But instead you eat 175 and then you have that white wine. Yeah. Have you ever seen, by the way, that Olive Garden has like a whole Tuscan village that they like to talk about where they train people to cook Olive Garden style? In Italy? Yeah.

It's in Italy. Oh, yeah. Wait, no, no. It's in Italy. Yeah. So they built a second Tuscany in Italy. No, no. They bought like a beautiful Tuscan inn. Oh, they took the whole thing. Oh, and there's a chef who's, you know. And so then they promote it. It's a village. Or a building? It's sort of like an inn kind of. It's a facility for training Olive Garden people. Are you shitting me?

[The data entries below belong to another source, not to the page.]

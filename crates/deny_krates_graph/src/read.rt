//! Reads the graph of metadata.
ghost use Rattle.std.specs.Prelude.{All, Bool, List, Ok, ◌≡◌, ◌<◌, ◌^◌, length, IfOk, IfErr};
ghost use Rattle.std.specs.Cmp.Lexicographic.{slice_cmp};
ghost use Rattle.std.specs.List.Sorted.{IsSortedByKey};
ghost use Rattle.std.specs.Ordering.{nat_cmp};
ghost use Rattle.deny_base_lists.specs.Reader.{Fails, IsFault};
ghost use Rattle.deny_krates_graph.specs.Crates.{graph_of};
ghost use Rattle.deny_krates_graph.specs.IdEntries.{AreIds};
ghost use Rattle.deny_krates_graph.specs.Orderly.{IsOrderly};
ghost use Rattle.deny_krates_graph.specs.Read.{IsGraph, IsGraphOf, IsSound, graph_read};
ghost use Rattle.deny_krates_graph.specs.private.Direct.{AreApart, AreDependencies, AreDependents};
ghost use Rattle.deny_krates_graph.specs.private.Numbered.{IsNumbered, IsResolved};
ghost use Rattle.deny_krates_graph.specs.private.Relations.{AreRelations, whole_graph};
ghost use Rattle.deny_krates_metadata.specs.declared.document.Document.{Document};
ghost use Rattle.deny_krates_sources.specs.Checked.{Resolved, checked, resolved};
ghost use Rattle.deny_krates_sources.specs.PackageTexts.{AreTextsOf};

use crate::bounds::check_bounds;
use crate::crates::krates_of;
use crate::direct::{dependencies_of, dependents_of};
use crate::graph::{KeptPackage, edges_of, kept_of, members_of, places_by_node, target_edges_of};
use crate::ids::{IdEntry, ids_of, ranks_of};
use crate::krate::{DirectDependent, Krate};
use crate::reach::reach;
use deny_base::Edge;
use deny_base_lists::{List, NoMemory, Text};
use deny_krates_metadata::{Document, MetadataFault};
use deny_krates_sources::{PackageTexts, Resolution, ResolvedNode, resolve};
use deny_spec::TargetEdge;
use std::alloc::Global;

/// The crates of metadata in order, the places of the members of the workspace among them, and the
/// dependencies between them.
#[derive(Drop)]
pub struct CrateGraph {
    /// The folder of the workspace.
    pub root: Text,
    pub krates: List<Krate>,
    pub members: List<u32>,
    pub edges: List<Edge>,
    /// The edges with the targets for which they are needed.
    pub target_edges: List<TargetEdge>,
    /// For each crate the crates with an edge to it, by id.
    pub dependents: List<List<DirectDependent>>,
    /// For each crate the crates that an edge from it leads to, by id.
    pub dependencies: List<List<DirectDependent>>,
    /// The ids of the crates with their places, ascending.
    pub ids: List<IdEntry>,
}

/// Reads the graph of metadata, or gives its first fault. The lock text of its crates and the number of
/// their nodes are within bounds; beyond them memory counts as run out.
pub fn graph_at(alloc: Global, bytes: &[u8]) -> Result<CrateGraph, MetadataFault>
    requires { length bytes.now < 2 ^ 28 }
    ensures ok { IfOk result (λ g. IsGraphOf bytes.now (graph_read g)) }
    ensures sound { IfOk result IsSound }
    ensures err { IfErr result (Fails MetadataFault.Memory (IsFault (checked bytes.now))) }
{
    let document = document_at(alloc, bytes)?;
    graph_of_document(alloc, document)
}

// A bound that no number of packages or nodes reaches in a text of fewer bytes.
const MANY: usize = 1 << 28;

// Reads the document of metadata.
fn document_at(alloc: Global, bytes: &[u8]) -> Result<Document, MetadataFault>
    ensures ok { IfOk result (λ d. checked bytes.now ≡ resolved d) }
    ensures err { IfErr result (Fails MetadataFault.Memory (IsFault (checked bytes.now))) }
{
    deny_krates_metadata::document_at(alloc, bytes)
}

// The graph of a document, or its first fault.
fn graph_of_document(alloc: Global, document: Document) -> Result<CrateGraph, MetadataFault>
    ensures ok { IfOk result (λ g. (r : Resolved) × (resolved document ≡ Ok r) × IsGraph document (graph_read g)) }
    ensures sound { IfOk result IsSound }
    ensures err { IfErr result (Fails MetadataFault.Memory (IsFault (resolved document))) }
{
    if document.packages.len() >= MANY || document.nodes.len() >= MANY {
        return Err(MetadataFault::Memory);
    }
    let resolution = resolve(alloc, &document)?;
    Ok(put_together(alloc, document, resolution)?)
}

// The graph of a document, given what it resolves to.
fn put_together(
    alloc: Global,
    document: Document,
    mut resolution: Resolution,
) -> Result<CrateGraph, NoMemory>
    requires few { length document.nodes < 2 ^ 28 }
    requires resolved { IsResolved document resolution.starts resolution.rows }
    requires texts { AreTextsOf document.packages resolution.texts }
    ensures graph { IfOk result (λ g. IsGraph document (graph_read g)) }
    ensures sound { IfOk result IsSound }
{
    let starts = resolution.starts.as_slice();
    let rows = resolution.rows.as_slice();
    let kept = reached_packages(alloc, &document, starts, rows)?;
    join(
        alloc,
        document,
        starts,
        rows,
        &mut resolution.texts,
        kept.as_slice(),
    )
}

// The packages of the nodes that the members reach, in order.
fn reached_packages(
    alloc: Global,
    document: &Document,
    starts: &[u32],
    rows: &[ResolvedNode],
) -> Result<List<KeptPackage>, NoMemory>
    requires few { length document.now.nodes < 2 ^ 28 }
    requires resolved { IsResolved document.now starts.now rows.now }
    ensures numbered { IfOk result (λ kept. (marks : List Bool)
        × IsNumbered document.now starts.now rows.now marks kept) }
    ensures few { IfOk result (λ kept. length kept < 2 ^ 28) }
{
    let marks = reach(alloc, rows, starts)?;
    kept_of(alloc, document.packages.as_slice(), rows, marks.as_slice())
}

// The graph whose crates are the kept packages.
fn join(
    alloc: Global,
    mut document: Document,
    starts: &[u32],
    rows: &[ResolvedNode],
    texts: &mut PackageTexts,
    kept: &[KeptPackage],
) -> Result<CrateGraph, NoMemory>
    requires few { length kept.now < 2 ^ 28 }
    requires numbered { (marks : List Bool) × IsNumbered document starts.now rows.now marks kept.now }
    requires texts { AreTextsOf document.packages texts.old }
    ensures graph { IfOk result (λ g. IsGraph document (graph_read g)) }
    ensures sound { IfOk result IsSound }
{
    let relations = relations_of(alloc, starts, rows, kept)?;
    let krates = krates_of(
        alloc,
        &mut document.packages,
        texts,
        document.nodes.as_slice(),
        kept,
    )?;
    with_neighbours(alloc, document.workspace_root, krates, relations)
}

// The members among the crates, and the edges between crates, by their places.
#[derive(Drop)]
struct Relations {
    members: List<u32>,
    edges: List<Edge>,
    target_edges: List<TargetEdge>,
}

// The members and the edges of the crates that the kept packages are.
fn relations_of(
    alloc: Global,
    starts: &[u32],
    rows: &[ResolvedNode],
    kept: &[KeptPackage],
) -> Result<Relations, NoMemory>
    requires few { length kept.now < 2 ^ 28 }
    requires numbered { (document : Document) × (marks : List Bool)
        × IsNumbered document starts.now rows.now marks kept.now }
    ensures { IfOk result (AreRelations starts.now rows.now kept.now) }
{
    let places = places_by_node(alloc, kept, rows.len())?;
    let members = members_of(alloc, starts, places.as_slice())?;
    let target_edges = target_edges_of(alloc, kept, rows, places.as_slice())?;
    let edges = edges_of(alloc, target_edges.as_slice())?;
    Ok(Relations {
        members,
        edges,
        target_edges,
    })
}

// The graph of crates and their relations, with the neighbours and ids of the crates.
fn with_neighbours(
    alloc: Global,
    root: Text,
    krates: List<Krate>,
    relations: Relations,
) -> Result<CrateGraph, NoMemory>
    requires few { length krates < 2 ^ 28 }
    requires names { IsSortedByKey (λ k. k.name) (slice_cmp nat_cmp) krates }
    requires orderly { IsOrderly (graph_of relations.target_edges root krates relations.members relations.edges) }
    ensures graph { IfOk result (λ g. graph_read g
        ≡ graph_of relations.target_edges root krates relations.members relations.edges) }
    ensures sound { IfOk result IsSound }
{
    check_bounds(alloc, krates.as_slice())?;
    let neighbours = neighbours_of(alloc, krates.as_slice(), relations.edges.as_slice())?;
    Ok(whole_graph(root, krates, relations, neighbours))
}

// A graph from its parts.
fn whole_graph(
    root: Text,
    krates: List<Krate>,
    relations: Relations,
    neighbours: Adjacency,
) -> CrateGraph
    ensures { result ≡ whole_graph root krates relations neighbours }
{
    CrateGraph {
        root,
        krates,
        members: relations.members,
        edges: relations.edges,
        target_edges: relations.target_edges,
        dependents: neighbours.dependents,
        dependencies: neighbours.dependencies,
        ids: neighbours.ids,
    }
}

// For each crate its direct dependents and dependencies, and the ids of the crates with their places.
#[derive(Drop)]
struct Adjacency {
    dependents: List<List<DirectDependent>>,
    dependencies: List<List<DirectDependent>>,
    ids: List<IdEntry>,
}

// The neighbours of crates, given the edges between them.
fn neighbours_of(alloc: Global, krates: &[Krate], edges: &[Edge]) -> Result<Adjacency, NoMemory>
    requires few { length krates.now < 2 ^ 28 }
    requires apart { AreApart krates.now }
    requires parents { All (λ e. e.parent < length krates.now) edges.now }
    requires children { All (λ e. e.child < length krates.now) edges.now }
    ensures dependents { IfOk result (λ n. AreDependents krates.now edges.now n.dependents) }
    ensures dependencies { IfOk result (λ n. AreDependencies krates.now edges.now n.dependencies) }
    ensures ids { IfOk result (λ n. AreIds krates.now n.ids) }
{
    let ids = ids_of(alloc, krates)?;
    let ranks = ranks_of(alloc, krates, ids.as_slice())?;
    let dependents = dependents_of(alloc, krates, ranks.as_slice(), edges)?;
    let dependencies = dependencies_of(alloc, krates, ranks.as_slice(), edges)?;
    Ok(Adjacency {
        dependents,
        dependencies,
        ids,
    })
}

I mean, you will be if you go there and you eat the Olive Garden food. It's a lot. It's a lot to process. I encourage everyone to look for the Olive Garden. Anyway, that's a real... Tuscan Village. That's a little bit of a digression. So I have... I have one overarching thought I want to share based on everything you're saying. Okay. A lot of people talk about AI's context windows and it's like how much it'll remember and sort of keep in mind as it...

goes after the next step. As you're typing to it, it kind of remembers the last X number of few things or whatever. But it fills up way faster than a human does. It starts to forget. And it can't tell you it's forgetting. It doesn't know. I would even put forward that even if it could remember, it still won't do a great job. And I'll explain why. Okay, why? I want to make a distinction.

I want to categorize programmers in two ways. Okay. And I don't know if I'm using the right words, but I'm going to use them anyway. Oh, it's called a procedural programmer and a substantive programmer. Okay. A procedural programmer... is like looking at a ticket in a spreadsheet or in JIRA. And without bothering to understand why they're doing what they're doing or what the point of it is, they're just going to execute on the plain English logic and...

make it software. They have no context. They have not talking to a business person or a product manager. And what they're doing is they're just essentially literally taking... It's one of the big criticisms of like offshore development is that because...

the communication is so lacking that they're just putting, they're creating software without understanding why they're doing it, okay? And I call that a procedural program, meaning they're just literally following instructions. Well, and the reason isn't because... there's something wrong with them. The reason is that the way that those organizations are structured is it's like...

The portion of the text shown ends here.